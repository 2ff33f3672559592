// The built-in names.

ghost use Rattle.std.specs.Prelude.{◌≡◌};
ghost use Rattle.kore_text.specs.TokenStream.{built_of};
ghost use Rattle.kore_text.specs.Grammar.{connective_sorts, connective_arguments, is_associative};
ghost use Rattle.kore_text.specs.Grammar.{binder_sorts, binds_sets};

/// The connectives whose arguments are patterns. `Member` is `\in`.
#[derive(Clone, Copy, PartialEq, Eq, Debug)]
pub enum Op {
    Top,
    Bottom,
    Not,
    Next,
    And,
    Or,
    Implies,
    Iff,
    Rewrites,
    Ceil,
    Floor,
    Equals,
    Member,
}

/// The binders.
#[derive(Clone, Copy, PartialEq, Eq, Debug)]
pub enum Binder {
    Exists,
    Forall,
    Mu,
    Nu,
}

/// What a built-in name stands for.
#[derive(Clone, Copy, PartialEq, Eq, Debug)]
pub enum Built {
    /// A connective.
    Connective(Op),
    /// A binder.
    Binding(Binder),
    /// A domain value, `\dv`.
    Value,
    /// A fold from the left (`true`) or from the right (`false`).
    Fold(bool),
}

impl Built {
    /// What the name after a backslash stands for. Returns none if it stands for nothing.
    #[tactic(auto, unfolding(crate::specs::TokenStream::built_of))]
    pub fn of_name(name: &[u8]) -> Option<Built>
        ensures { result ≡ built_of name.now }
    {
        match name {
            b"top" => Some(Built::Connective(Op::Top)),
            b"bottom" => Some(Built::Connective(Op::Bottom)),
            b"not" => Some(Built::Connective(Op::Not)),
            b"next" => Some(Built::Connective(Op::Next)),
            b"and" => Some(Built::Connective(Op::And)),
            b"or" => Some(Built::Connective(Op::Or)),
            b"implies" => Some(Built::Connective(Op::Implies)),
            b"iff" => Some(Built::Connective(Op::Iff)),
            b"rewrites" => Some(Built::Connective(Op::Rewrites)),
            b"ceil" => Some(Built::Connective(Op::Ceil)),
            b"floor" => Some(Built::Connective(Op::Floor)),
            b"equals" => Some(Built::Connective(Op::Equals)),
            b"in" => Some(Built::Connective(Op::Member)),
            b"exists" => Some(Built::Binding(Binder::Exists)),
            b"forall" => Some(Built::Binding(Binder::Forall)),
            b"mu" => Some(Built::Binding(Binder::Mu)),
            b"nu" => Some(Built::Binding(Binder::Nu)),
            b"dv" => Some(Built::Value),
            b"left-assoc" => Some(Built::Fold(true)),
            b"right-assoc" => Some(Built::Fold(false)),
            _ => None,
        }
    }
}

impl Op {
    /// How many sorts the connective takes.
    pub fn sorts(self) -> usize
        ensures { result ≡ connective_sorts self }
    {
        match self {
            Op::Ceil | Op::Floor | Op::Equals | Op::Member => 2,
            _ => 1,
        }
    }

    /// How many arguments the connective takes. Returns none if it takes any number.
    pub fn arguments(self) -> Option<usize>
        ensures { result ≡ connective_arguments self }
    {
        match self {
            Op::And | Op::Or => None,
            Op::Top | Op::Bottom => Some(0),
            Op::Not | Op::Next | Op::Ceil | Op::Floor => Some(1),
            Op::Implies | Op::Iff | Op::Rewrites | Op::Equals | Op::Member => Some(2),
        }
    }

    /// Whether the connective may be folded: `\and` and `\or`.
    pub fn is_associative(self) -> bool
        ensures { result ≡ is_associative self }
    {
        matches!(self, Op::And | Op::Or)
    }
}

impl Binder {
    /// How many sorts the binder takes.
    pub fn sorts(self) -> usize
        ensures { result ≡ binder_sorts self }
    {
        match self {
            Binder::Exists | Binder::Forall => 1,
            Binder::Mu | Binder::Nu => 0,
        }
    }

    /// Whether the binder binds a set variable. If not, it binds an element variable.
    pub fn binds_sets(self) -> bool
        ensures { result ≡ binds_sets self }
    {
        matches!(self, Binder::Mu | Binder::Nu)
    }
}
* * *
The expected response consists solely of the lines from the one with "result ≡ connective_arguments" through the end of the records, repeated exactly.

Your solution:
        ensures { result ≡ connective_arguments self }
    {
        match self {
            Op::And | Op::Or => None,
            Op::Top | Op::Bottom => Some(0),
            Op::Not | Op::Next | Op::Ceil | Op::Floor => Some(1),
            Op::Implies | Op::Iff | Op::Rewrites | Op::Equals | Op::Member => Some(2),
        }
    }

    /// Whether the connective may be folded: `\and` and `\or`.
    pub fn is_associative(self) -> bool
        ensures { result ≡ is_associative self }
    {
        matches!(self, Op::And | Op::Or)
    }
}

impl Binder {
    /// How many sorts the binder takes.
    pub fn sorts(self) -> usize
        ensures { result ≡ binder_sorts self }
    {
        match self {
            Binder::Exists | Binder::Forall => 1,
            Binder::Mu | Binder::Nu => 0,
        }
    }

    /// Whether the binder binds a set variable. If not, it binds an element variable.
    pub fn binds_sets(self) -> bool
        ensures { result ≡ binds_sets self }
    {
        matches!(self, Binder::Mu | Binder::Nu)
    }
}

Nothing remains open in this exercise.